With all these obstacles and risks, you can see why starting from scratch with an original screenplay makes sense. Other than studio executives, no one has any great expectations because no one is guarding the central text, hovering nervously and breathing down the screenwriter's back.
Ultimately, feature films cannot replicate the experience of reading, nor can everything about a novel end up being adapted — nor should it be. Filmmaking is about compromise and concession. It's a miracle they don't toss the book right out the window.

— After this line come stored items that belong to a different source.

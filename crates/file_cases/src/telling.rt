use cases::CasesRefusal;
use fs_record::DataHead;
use fs_scan::{Checked, OidValue, ScanRefusal, Scanned, Whole};
use std::alloc::Global;
use zbase::{Bytes, Memory, Oid, Row, Value, hex_digits};

/// Why a file isn't read: `damaged KIND PLACE` or `fault`.
pub fn refusal_words(alloc: Global, refusal: ScanRefusal) -> Result<String, CasesRefusal> {
    match refusal {
        ScanRefusal::Damaged(kind, place) => {
            let kind = kind.number();
            Ok(format!(in alloc; "damaged {kind} {place}")?)
        }
        ScanRefusal::Disk => Ok(String::from_str(alloc, "fault")?),
        ScanRefusal::Memory => Err(CasesRefusal::Memory),
    }
}

// The id, or `none`.
fn id_or_none(alloc: Global, oid: Option<Oid>) -> Result<String, CasesRefusal> {
    match oid {
        Some(Oid(oid)) => Ok(format!(in alloc; "{oid:016x}")?),
        None => Ok(String::from_str(alloc, "none")?),
    }
}

/// What a scan found: `end N torn N greatest HEX last HEX packed HEX transactions N`, where the third may be `none`.
pub fn scan_words(alloc: Global, scanned: &Scanned) -> Result<String, CasesRefusal> {
    let greatest = id_or_none(alloc, scanned.greatest)?;
    let (end, torn, count) = (scanned.end, scanned.torn, scanned.count);
    let (last, packed) = (scanned.last.0, scanned.floor.0);
    Ok(format!(in alloc;
        "end {end} torn {torn} greatest {greatest} last {last:016x} packed {packed:016x} transactions {count}"
    )?)
}

/// What a check found: `transactions N objects N last HEX end N torn N`.
pub fn check_words(alloc: Global, checked: &Checked) -> Result<String, CasesRefusal> {
    let (transactions, objects) = (checked.transactions, checked.objects);
    let (last, end, torn) = (checked.last.0, checked.end, checked.torn);
    Ok(format!(in alloc;
        "transactions {transactions} objects {objects} last {last:016x} end {end} torn {torn}"
    )?)
}

/// The fields of a data record's head: `HEX HEX PREVIOUS START VERSION LENGTH`.
pub fn head_words(alloc: Global, head: &DataHead) -> Result<String, CasesRefusal> {
    let (oid, tid, version) = (head.oid.0, head.tid.0, head.version);
    let (prev, start, length) = (head.prev, head.start, head.length);
    Ok(format!(in alloc; "{oid:016x} {tid:016x} {prev} {start} {version} {length}")?)
}

// Adds a blank and the digits of the bytes; `-` stands for no byte.
fn put_digits(out: &mut Bytes, bytes: &[u8]) -> Result<(), Memory> {
    if bytes.is_empty() {
        return out.append(b" -");
    }
    out.append(b" ")?;
    for byte in bytes {
        out.append(&hex_digits(*byte))?;
    }
    Ok(())
}

/// Adds a blank and the digits of the value, or `none`.
pub fn put_value(out: &mut Bytes, value: &Value) -> Result<(), Memory> {
    match value {
        Some(bytes) => put_digits(out, bytes.as_slice()),
        None => out.append(b" none"),
    }
}

/// Adds a line for each row: `HEX PLACE`.
pub fn put_rows(alloc: Global, out: &mut Bytes, rows: &[Row]) -> Result<(), CasesRefusal> {
    for row in rows {
        let (oid, place) = (row.oid.0, row.place);
        let line = format!(in alloc; "{oid:016x} {place}\n")?;
        out.append(line.as_bytes())?;
    }
    Ok(())
}

// Adds a line for each value.
fn put_values(alloc: Global, out: &mut Bytes, values: &[OidValue]) -> Result<(), CasesRefusal> {
    for value in values {
        let oid = value.oid.0;
        let words = format!(in alloc; "record {oid:016x}")?;
        out.append(words.as_bytes())?;
        put_value(out, &value.value)?;
        out.append(b"\n")?;
    }
    Ok(())
}

// Adds the lines of a transaction.
fn put_whole(alloc: Global, out: &mut Bytes, whole: &Whole) -> Result<(), CasesRefusal> {
    let (place, tid, status) = (whole.place, whole.tid.0, whole.status);
    let words = format!(in alloc; "transaction {place} {tid:016x} {status:02x}")?;
    out.append(words.as_bytes())?;
    put_digits(out, whole.texts.user.as_slice())?;
    put_digits(out, whole.texts.description.as_slice())?;
    put_digits(out, whole.texts.extension.as_slice())?;
    out.append(b"\n")?;
    put_values(alloc, out, whole.values.as_slice())
}

/// Adds the lines of a step of a walk; whether it goes on behind that.
pub fn put_step(
    alloc: Global,
    out: &mut Bytes,
    step: Result<Option<Whole>, ScanRefusal>,
) -> Result<bool, CasesRefusal> {
    match step {
        Ok(Some(whole)) => {
            put_whole(alloc, out, &whole)?;
            Ok(true)
        }
        Ok(None) => {
            out.append(b"end\n")?;
            Ok(false)
        }
        Err(refusal) => {
            out.append(refusal_words(alloc, refusal)?.as_bytes())?;
            out.append(b"\n")?;
            Ok(refusal == ScanRefusal::Disk)
        }
    }
}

With a novel, the author forms an implicit partnership with his audience. He provides the story and its voice, but the reader adds the visuals. The power of a novel's description is often tempered by sketchy details. Much is left out in order to leave something to the imagination. The reader is free to conjure the characters in his own way, to picture how they look, because the mind's eye has a way of assembling an image that is quite different from how a character might appear on screen. In the end, the novelist surrenders his book to his readers. Thereafter it becomes theirs, and his proprietary interest ceases.
Movies, by contrast, are more controlled; the director calls the shots, and the camera focuses the point of view. The eyes of the audience are being drawn in a certain direction, but not necessarily from left to right. Which is, after all, what central casting looks for in a reader.
(Thane Rosenbaum is the author of the novels "The Golems of Gotham" and "Second Hand Smoke".)